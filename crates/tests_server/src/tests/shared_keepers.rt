// A keeper that two share.
ghost use Rattle.std.specs.Prelude.{◌≡◌};

use super::keepers::{kept_as, new_keeper};
use keep_office::{DayRecord, KeepFault, Keeper, MemKeeper, PastRecord};
use road_digest::{Digest, Digester};
use road_time::Tariff;
use serve_desk::{Kept, Naming, Opened, SharedKeeper};
use std::marker::Brand;
use std::sync::{Mutex, Wait};

/// A history of no amounts before day 100.
fn history(digest: Digest) -> PastRecord
    ensures { result ≡ record { base = 100; digest = digest; bytes = 0; rows = 0 } }
{
    PastRecord {
        base: 100,
        digest,
        bytes: 0,
        rows: 0,
    }
}

/// Day 100 without a tuple.
fn empty_day(digest: Digest) -> DayRecord
    ensures { result
        ≡ record {
          day = 100;
          digest = digest;
          bytes = 0;
          tuples = 0;
          notices = 0;
          notices_digest = digest;
          tariffs = digest;
          total = 0;
        } }
{
    DayRecord {
        day: 100,
        digest,
        bytes: 0,
        tuples: 0,
        notices: 0,
        notices_digest: digest,
        tariffs: digest,
        total: 0,
    }
}

/// What one puts the other has: a history, a day, a tariff.
fn puts_reach<J: Naming, K: Keeper, R: Wait>(
    rt: &R,
    keeper: &Mutex<Kept<J, K>>,
) -> Result<bool, KeepFault> {
    let digest = Digester::new().finish();
    let mut one = SharedKeeper::new(rt, keeper);
    let mut other = SharedKeeper::new(rt, keeper);
    one.put_past(&history(digest), &[])?;
    let past = other.past()? == Some(history(digest)) && other.last_day()? == 99;
    other.put_day(&empty_day(digest), &[])?;
    let day = one.day(100)? == Some(empty_day(digest)) && one.last_day()? == 100;
    let tariff = Tariff {
        crowd: 50,
        speed: 40,
        factor: 5,
    };
    one.put_tariff(0, &tariff)?;
    let amounts = one.rows(0, 100)?.is_empty() && one.vehicle_rows(7, 0, 100)?.is_empty();
    let none = amounts && one.spent(100, 7, 0)? == 0;
    Ok(past && day && none && other.tariffs()?.of(0) == tariff)
}

/// What may not be put any more is refused, and nothing changes.
fn refuses<J: Naming, K: Keeper, R: Wait>(
    rt: &R,
    keeper: &Mutex<Kept<J, K>>,
) -> Result<bool, KeepFault> {
    let digest = Digester::new().finish();
    let mut one = SharedKeeper::new(rt, keeper);
    let day = one.put_day(&empty_day(digest), &[]) == Err(KeepFault::Failed);
    let past = one.put_past(&history(digest), &[]) == Err(KeepFault::Failed);
    Ok(day && past && one.last_day()? == 100)
}

/// What one puts is refused to the other then.
fn share<J: Naming, R: Wait>(rt: &R, opened: Opened<MemKeeper>) -> Result<bool, KeepFault>
    requires { opened.seen.book ≡ J.book }
{
    let keeper = Mutex::new(kept_as::<J>(opened));
    let reach = puts_reach(rt, &keeper)?;
    Ok(reach && refuses(rt, &keeper)?)
}

/// The first call of a keeper fails, and the second does not.
fn fails_once<J: Naming, R: Wait>(rt: &R, opened: Opened<MemKeeper>) -> bool
    requires { opened.seen.book ≡ J.book }
{
    let keeper = Mutex::new(kept_as::<J>(opened));
    let mut one = SharedKeeper::new(rt, &keeper);
    let first = one.day(100);
    first == Err(KeepFault::Failed) && one.day(100) == Ok(None)
}

/// Two share a keeper: what one puts the other has, and no day is put twice.
#[test]
fn two_share_a_keeper(rt: HostRuntime) -> Result<(), KeepFault> {
    let alloc = rt.alloc();
    let sound = new_keeper(alloc, &[])?;
    assert!(rt; share::<Brand, _>(&rt, sound)?);
    let failing = new_keeper(alloc, &[0])?;
    assert!(rt; fails_once::<Brand, _>(&rt, failing));
    Ok(())
}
########
▸ TASK BRIEF
What you write must match the records above line for line.

▸ YOUR RESPONSE
filename crates/tests_server/src/tests/shared_keepers.rt
// A keeper that two share.
ghost use Rattle.std.specs.Prelude.{◌≡◌};

use super::keepers::{kept_as, new_keeper};
use keep_office::{DayRecord, KeepFault, Keeper, MemKeeper, PastRecord};
use road_digest::{Digest, Digester};
use road_time::Tariff;
use serve_desk::{Kept, Naming, Opened, SharedKeeper};
use std::marker::Brand;
use std::sync::{Mutex, Wait};

/// A history of no amounts before day 100.
fn history(digest: Digest) -> PastRecord
    ensures { result ≡ record { base = 100; digest = digest; bytes = 0; rows = 0 } }
{
    PastRecord {
        base: 100,
        digest,
        bytes: 0,
        rows: 0,
    }
}

/// Day 100 without a tuple.
fn empty_day(digest: Digest) -> DayRecord
    ensures { result
        ≡ record {
          day = 100;
          digest = digest;
          bytes = 0;
          tuples = 0;
          notices = 0;
          notices_digest = digest;
          tariffs = digest;
          total = 0;
        } }
{
    DayRecord {
        day: 100,
        digest,
        bytes: 0,
        tuples: 0,
        notices: 0,
        notices_digest: digest,
        tariffs: digest,
        total: 0,
    }
}

/// What one puts the other has: a history, a day, a tariff.
fn puts_reach<J: Naming, K: Keeper, R: Wait>(
    rt: &R,
    keeper: &Mutex<Kept<J, K>>,
) -> Result<bool, KeepFault> {
    let digest = Digester::new().finish();
    let mut one = SharedKeeper::new(rt, keeper);
    let mut other = SharedKeeper::new(rt, keeper);
    one.put_past(&history(digest), &[])?;
    let past = other.past()? == Some(history(digest)) && other.last_day()? == 99;
    other.put_day(&empty_day(digest), &[])?;
    let day = one.day(100)? == Some(empty_day(digest)) && one.last_day()? == 100;
    let tariff = Tariff {
        crowd: 50,
        speed: 40,
        factor: 5,
    };
    one.put_tariff(0, &tariff)?;
    let amounts = one.rows(0, 100)?.is_empty() && one.vehicle_rows(7, 0, 100)?.is_empty();
    let none = amounts && one.spent(100, 7, 0)? == 0;
    Ok(past && day && none && other.tariffs()?.of(0) == tariff)
}

/// What may not be put any more is refused, and nothing changes.
fn refuses<J: Naming, K: Keeper, R: Wait>(
    rt: &R,
    keeper: &Mutex<Kept<J, K>>,
) -> Result<bool, KeepFault> {
    let digest = Digester::new().finish();
    let mut one = SharedKeeper::new(rt, keeper);
    let day = one.put_day(&empty_day(digest), &[]) == Err(KeepFault::Failed);
    let past = one.put_past(&history(digest), &[]) == Err(KeepFault::Failed);
    Ok(day && past && one.last_day()? == 100)
}

/// What one puts is refused to the other then.
fn share<J: Naming, R: Wait>(rt: &R, opened: Opened<MemKeeper>) -> Result<bool, KeepFault>
    requires { opened.seen.book ≡ J.book }
{
    let keeper = Mutex::new(kept_as::<J>(opened));
    let reach = puts_reach(rt, &keeper)?;
    Ok(reach && refuses(rt, &keeper)?)
}

/// The first call of a keeper fails, and the second does not.
fn fails_once<J: Naming, R: Wait>(rt: &R, opened: Opened<MemKeeper>) -> bool
    requires { opened.seen.book ≡ J.book }
{
    let keeper = Mutex::new(kept_as::<J>(opened));
    let mut one = SharedKeeper::new(rt, &keeper);
    let first = one.day(100);
    first == Err(KeepFault::Failed) && one.day(100) == Ok(None)
}

/// Two share a keeper: what one puts the other has, and no day is put twice.
#[test]
fn two_share_a_keeper(rt: HostRuntime) -> Result<(), KeepFault> {
    let alloc = rt.alloc();
    let sound = new_keeper(alloc, &[])?;
    assert!(rt; share::<Brand, _>(&rt, sound)?);
    let failing = new_keeper(alloc, &[0])?;
    assert!(rt; fails_once::<Brand, _>(&rt, failing));
    Ok(())
}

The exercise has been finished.